*Supplied entries:*
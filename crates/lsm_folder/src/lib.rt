//! What a store's folder reads as: contents and a sequence, or the first refusal. `CURRENT` names a manifest, its edits make
//! a version, and the version's tables and logs hold the rows.
#![tactic(auto)]

mod laws;
mod refusals;

pub use laws::{
    a_cut_log_stands_for_a_prefix, a_cut_manifest_says_the_first_edits, a_folder_needs_its_parts,
    a_folder_reads_as_its_parts, a_folder_stands_as_its_parts, a_fresh_place_holds_no_store,
    a_log_counts_as_it_was_read, a_manifest_says_its_edits, a_new_store_is_empty,
    a_table_is_refused_as_its_opening, a_walked_table_says_its_rows, a_whole_table_says_its_rows,
    batches_are_read_back, blocks_are_read_back, edits_are_read_back, logs_are_lawful,
    names_are_read_back, names_meet_paths, needed_files_suffice, one_log_is_read, one_log_is_there,
    one_log_stands, places_are_seen, versions_have_seven_levels,
};
pub use refusals::Refusal;
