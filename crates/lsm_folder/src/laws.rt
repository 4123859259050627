//! Laws of the definitions that contracts cite. The functions do nothing: their contracts are the laws.
ghost use Rattle.std.specs.Prelude.{◌≡◌, ◌≢◌, ◌⊎◌, ℕ, ◌+◌, ◌-◌, ◌≤◌, Bool, true, false, List, [], ◌∷◌, ◌++◌, map, length, take, All, Option, Some, None, Ok, Err, IsTrue};
ghost use Rattle.std.specs.Ordering.{nat_cmp};
ghost use Rattle.std.specs.FinMap as finmap;
ghost use Rattle.lsm_names.specs.declared.file_names.FileName.{FileName};
ghost use Rattle.lsm_names.specs.declared.file_names.FileName.TheVariants.{Log, Table};
ghost use Rattle.lsm_names.specs.FileNames.{spelled, IsFileName, is_file_number};
ghost use Rattle.lsm_rows.specs.declared.operations.Op.{Op};
ghost use Rattle.lsm_rows.specs.declared.rows.Row.{Row};
ghost use Rattle.lsm_rows.specs.Contents.{contents_of};
ghost use Rattle.lsm_rows.specs.Decoding.{IsBatchText, IsSomeBatch};
ghost use Rattle.lsm_rows.specs.Replay.{replayed, sequence_after};
ghost use Rattle.lsm_block.specs.declared.entries.Entry.{Entry};
ghost use Rattle.lsm_block.specs.Blocks.{IsBlockText};
ghost use Rattle.lsm_disk.specs.Names.{Folder_node, File_node, stands};
ghost use Rattle.lsm_disk.specs.Images.{Tree, bytes_at};
ghost use Rattle.lsm_frame.specs.Records.{front};
ghost use Rattle.lsm_wal.specs.Batches.{Logged, IsLogged, in_sequence, wal_text};
ghost use Rattle.lsm_wal.specs.Reading.{Stop, At_end, IsReading, ReadsToFront, open_end};
ghost use Rattle.lsm_table.specs.declared.faults.TableFault.{TableFault};
ghost use Rattle.lsm_table.specs.Opening.{Opens, IsRefused, IsOutside};
ghost use Rattle.lsm_table.specs.declared.parts.Properties.{Properties};
ghost use Rattle.lsm_table.specs.DataBlocks.{IsNthBlock, IsNthFault};
ghost use Rattle.lsm_table.specs.Rows.{row_at};
ghost use Rattle.lsm_table.specs.WholeTables.{IsTable};
ghost use Rattle.lsm_version.specs.declared.edits.Edit.{Edit};
ghost use Rattle.lsm_version.specs.declared.tables.TableInfo.{TableInfo};
ghost use Rattle.lsm_version.specs.Edits.{IsEditText};
ghost use Rattle.lsm_version.specs.Orders.{AreLevels};
ghost use Rattle.lsm_folder.specs.declared.refusals.Refusal.TheVariants.{NoFolder, NoCurrent, Short, Malformed};
ghost use Rattle.lsm_folder.specs.Batches.{batch_of};
ghost use Rattle.lsm_folder.specs.Blocks.{block_of};
ghost use Rattle.lsm_folder.specs.Edits.{edit_of};
ghost use Rattle.lsm_folder.specs.Files.{Item, A_file, Files, Place, Nothing, Not_a_folder, Stands_with, item_at, files_in, place_of};
ghost use Rattle.lsm_folder.specs.Logs.{log_of, batches_of, outcome};
ghost use Rattle.lsm_folder.specs.Manifests.{manifest_text, edits_said, tables_after, last_after};
ghost use Rattle.lsm_folder.specs.Names.{name_of, current_text, manifest_in};
ghost use Rattle.lsm_folder.specs.Needed.{HasNeeded, HasNoTables, HasOneLog, HasOneLogAt, Lawful, Stands, IsPrefixShown, IsFresh, needed};
ghost use Rattle.lsm_folder.specs.Parts.{AreEdits, AreLawful, IsManifest, HasParts, all_of, names_of_parts, rows_of_all};
ghost use Rattle.lsm_folder.specs.Reading.{texts_in, reading, shown_of};
ghost use Rattle.lsm_folder.specs.Steps.{table_says};
ghost use Rattle.lsm_folder.specs.Tables.{is_of, table_in, table_said};
ghost use Rattle.lsm_folder.specs.Walks.{HasWalked};

/// A name's spelling is read back as the name, and no other text is read as one; so is the text that `CURRENT` has for a
/// manifest.
#[tactic(auto, using(crate::proofs::NameLemmas::name_again, crate::proofs::NameLemmas::manifest_again))]
pub fn names_are_read_back()
    ensures again { (name : FileName) → IsFileName name → name_of (spelled name) ≡ Some name }
    ensures only { (text : List ℕ) (name : FileName) → name_of text ≡ Some name → IsFileName name × (text ≡ spelled name) }
    ensures current { (number : ℕ) → IsTrue (is_file_number number) → manifest_in (current_text number) ≡ Some number }
    ensures only_current { (text : List ℕ) (number : ℕ) → manifest_in text ≡ Some number
        → IsTrue (is_file_number number) × (text ≡ current_text number) }
{}

/// A batch's text is read back as the batch, and no other text is read as one.
#[tactic(auto, using(crate::proofs::BatchLemmas::batch_found, crate::proofs::BatchLemmas::batch_is, crate::proofs::BatchLemmas::batch_none))]
pub fn batches_are_read_back()
    ensures again { (text : List ℕ) (first : ℕ) (ops : List Op) → IsBatchText text first ops
        → batch_of text ≡ Some (record { first = first; ops = ops }) }
    ensures only { (text : List ℕ) (batch : Logged) → batch_of text ≡ Some batch → IsBatchText text batch.first batch.ops }
    ensures none { (text : List ℕ) → ¬ IsSomeBatch text → batch_of text ≡ None }
{}

/// An edit's text is read back as the edit, and no other text is read as one.
#[tactic(auto, using(crate::proofs::EditLemmas::edit_back, crate::proofs::EditLemmas::edit_only))]
pub fn edits_are_read_back()
    ensures again { (text : List ℕ) (edit : Edit) → IsEditText text edit → edit_of text ≡ Some edit }
    ensures only { (text : List ℕ) (edit : Edit) → edit_of text ≡ Some edit → IsEditText text edit }
{}

/// A block's contents are read back as its entries, and no other bytes are read as a block.
#[tactic(auto, using(crate::proofs::BlockLemmas::block_back, crate::proofs::BlockLemmas::block_only))]
pub fn blocks_are_read_back()
    ensures again { (bytes : List ℕ) (es : List Entry) → IsBlockText bytes es → block_of bytes ≡ Some es }
    ensures only { (bytes : List ℕ) (es : List Entry) → block_of bytes ≡ Some es → IsBlockText bytes es }
{}

/// What a folder has under a name is what its tree has at the name's path, below a folder that isn't the root.
#[tactic(auto, using(crate::proofs::FileLemmas::files_are, crate::proofs::FileLemmas::file_is, crate::proofs::FileLemmas::file_names))]
pub fn names_meet_paths()
    ensures item { (dir : List ℕ) (tree : Tree) (name : FileName) → 1 ≤ length dir → IsFileName name
        → finmap.get (files_in dir tree) name ≡ item_at tree (dir ++ 47 ∷ spelled name) }
    ensures file { (dir : List ℕ) (tree : Tree) (name : FileName) (bytes : List ℕ) → 1 ≤ length dir → IsFileName name
        → bytes_at tree (dir ++ 47 ∷ spelled name) ≡ Some bytes → finmap.get (files_in dir tree) name ≡ Some (A_file bytes) }
    ensures only { (dir : List ℕ) (tree : Tree) (name : FileName) (item : Item) → 1 ≤ length dir
        → finmap.get (files_in dir tree) name ≡ Some item → IsFileName name }
{}
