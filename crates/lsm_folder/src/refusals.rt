//! Why a folder can't be read as a store's.
use lsm_names::FileName;

/// Why a folder can't be read as a store's: the first trouble, where `CURRENT` is read first, then the manifest, then the
/// version's tables by their numbers, and then the logs by theirs, each from its start on. Places and lengths are counted
/// in bytes.
#[derive(Clone, Copy, Debug, PartialEq, Eq)]
pub enum Refusal {
    /// No folder stands there.
    NoFolder,
    /// The folder has no `CURRENT`.
    NoCurrent,
    /// A file that is needed isn't there.
    Missing {
        name: FileName,
    },
    /// A table has `found` bytes, and the version says that it has `kept`.
    Short {
        name: FileName,
        kept: u64,
        found: u64,
    },
    /// What begins here isn't what the file may hold here.
    Malformed {
        name: FileName,
        place: u64,
    },
    /// What begins here is whole, and its checksum differs: the one that it keeps, and the one that its bytes have, both
    /// masked.
    Damaged {
        name: FileName,
        place: u64,
        kept: u32,
        found: u32,
    },
    /// A log ends inside the record that begins here, and it isn't the last log.
    TornLog {
        name: FileName,
        place: u64,
    },
    /// A batch's first sequence isn't the expected one, `kept`, but `found`.
    Gap {
        name: FileName,
        kept: u64,
        found: u64,
    },
    /// An edit would leave two tables of a level from 1 on that overlap, `left` with the smaller number.
    BadLevels {
        level: u8,
        left: u64,
        right: u64,
    },
}
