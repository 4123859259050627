//! Openings that go well, and what is refused.

use crate::stores::{
    Pair, Stopped, blank, close, delete, fill, freeze, has, holds, leave, make, open, put, refused,
    sure,
};
use lsm_memdisk::MemDisk;
use lsm_store::{Store, StoreError};
use std::alloc::Global;

const A: Pair = (b"a", b"1");

const B: Pair = (b"b", b"2");

const C: Pair = (b"c", b"3");

const OTHER_A: Pair = (b"a", b"4");

fn write_two_tables(alloc: Global, store: &mut Store<MemDisk>) -> Result<(), Stopped> {
    put(alloc, store, A, true)?;
    put(alloc, store, B, false)?;
    freeze(store)?;
    put(alloc, store, C, false)?;
    delete(alloc, store, b"b")
}

// A store that was written in two memory tables, and closed.
fn written(alloc: Global) -> Result<MemDisk, Stopped> {
    let mut store = open(alloc, blank(alloc)?, b'A')?;
    let told = write_two_tables(alloc, &mut store);
    close(store, told)
}

// Whether the disk opens to these pairs and this last sequence.
fn opens_to(alloc: Global, disk: MemDisk, pairs: &[Pair], last: u64) -> Result<bool, Stopped> {
    let mut store = open(alloc, disk, b'B')?;
    let found = store.last();
    let told = holds(&mut store, pairs);
    Ok(leave(store, told)? && found == last)
}

fn a_store_is_found_again(alloc: Global) -> Result<bool, Stopped> {
    opens_to(alloc, written(alloc)?, &[A, C], 4)
}

// The rows of the first opening are in a table; those that came since are in a log.
fn a_store_is_found_a_second_time(alloc: Global) -> Result<bool, Stopped> {
    let mut store = open(alloc, written(alloc)?, b'C')?;
    let told = put(alloc, &mut store, OTHER_A, false);
    opens_to(alloc, close(store, told)?, &[OTHER_A, C], 5)
}

// The disk behind an opening that closes the store at once.
fn opened_and_closed(alloc: Global, disk: MemDisk) -> Result<MemDisk, Stopped> {
    let store = open(alloc, disk, b'A')?;
    close(store, Ok(()))
}

// Nothing was written: no table is made, and the files get new numbers each time.
fn an_empty_store_is_found_again(alloc: Global) -> Result<bool, Stopped> {
    let disk = opened_and_closed(alloc, blank(alloc)?)?;
    let mut disk = opened_and_closed(alloc, disk)?;
    let made = has(&mut disk, b"db/MANIFEST-000003")?
        && has(&mut disk, b"db/000004.log")?
        && !has(&mut disk, b"db/000003.sst")?;
    Ok(made && opens_to(alloc, disk, &[], 0)?)
}

// An opening that was cut off before there was a CURRENT left a manifest and a temporary file.
fn leftovers_are_passed_over(alloc: Global) -> Result<bool, Stopped> {
    let mut disk = blank(alloc)?;
    make(&mut disk)?;
    fill(&mut disk, b"db/MANIFEST-000007", b"")?;
    fill(&mut disk, b"db/000009.dbtmp", b"MANIFEST")?;
    let mut disk = opened_and_closed(alloc, disk)?;
    let made = has(&mut disk, b"db/MANIFEST-000010")?
        && has(&mut disk, b"db/000011.log")?
        && has(&mut disk, b"db/CURRENT")?;
    Ok(made && opens_to(alloc, disk, &[], 0)?)
}

fn a_log_without_current_is_refused(alloc: Global) -> Result<bool, Stopped> {
    let mut disk = blank(alloc)?;
    make(&mut disk)?;
    fill(&mut disk, b"db/000002.log", b"")?;
    Ok(matches!(refused(alloc, disk)?, StoreError::NoCurrent { .. }))
}

fn a_strange_current_is_refused(alloc: Global) -> Result<bool, Stopped> {
    let mut disk = blank(alloc)?;
    make(&mut disk)?;
    fill(&mut disk, b"db/CURRENT", b"MANIFEST-1\n")?;
    Ok(matches!(refused(alloc, disk)?, StoreError::Malformed { .. }))
}

#[test]
fn stores_are_found_again(rt: HostRuntime) {
    sure(&rt, a_store_is_found_again(rt.alloc()));
    sure(&rt, a_store_is_found_a_second_time(rt.alloc()));
    sure(&rt, an_empty_store_is_found_again(rt.alloc()));
}

#[test]
fn fresh_folders_become_stores(rt: HostRuntime) {
    sure(&rt, leftovers_are_passed_over(rt.alloc()));
    sure(&rt, a_log_without_current_is_refused(rt.alloc()));
    sure(&rt, a_strange_current_is_refused(rt.alloc()));
}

*Work task:* Transcribe the records above exactly, beginning at the line that contains "let mut store = open(alloc, disk, b'B')?;" and ending with the line that contains "let mut store = open(alloc, written(alloc)?, b'C')?;", both included, and nothing else.

*Exercise output:*
    let mut store = open(alloc, disk, b'B')?;
    let found = store.last();
    let told = holds(&mut store, pairs);
    Ok(leave(store, told)? && found == last)
}

fn a_store_is_found_again(alloc: Global) -> Result<bool, Stopped> {
    opens_to(alloc, written(alloc)?, &[A, C], 4)
}

// The rows of the first opening are in a table; those that came since are in a log.
fn a_store_is_found_a_second_time(alloc: Global) -> Result<bool, Stopped> {
    let mut store = open(alloc, written(alloc)?, b'C')?;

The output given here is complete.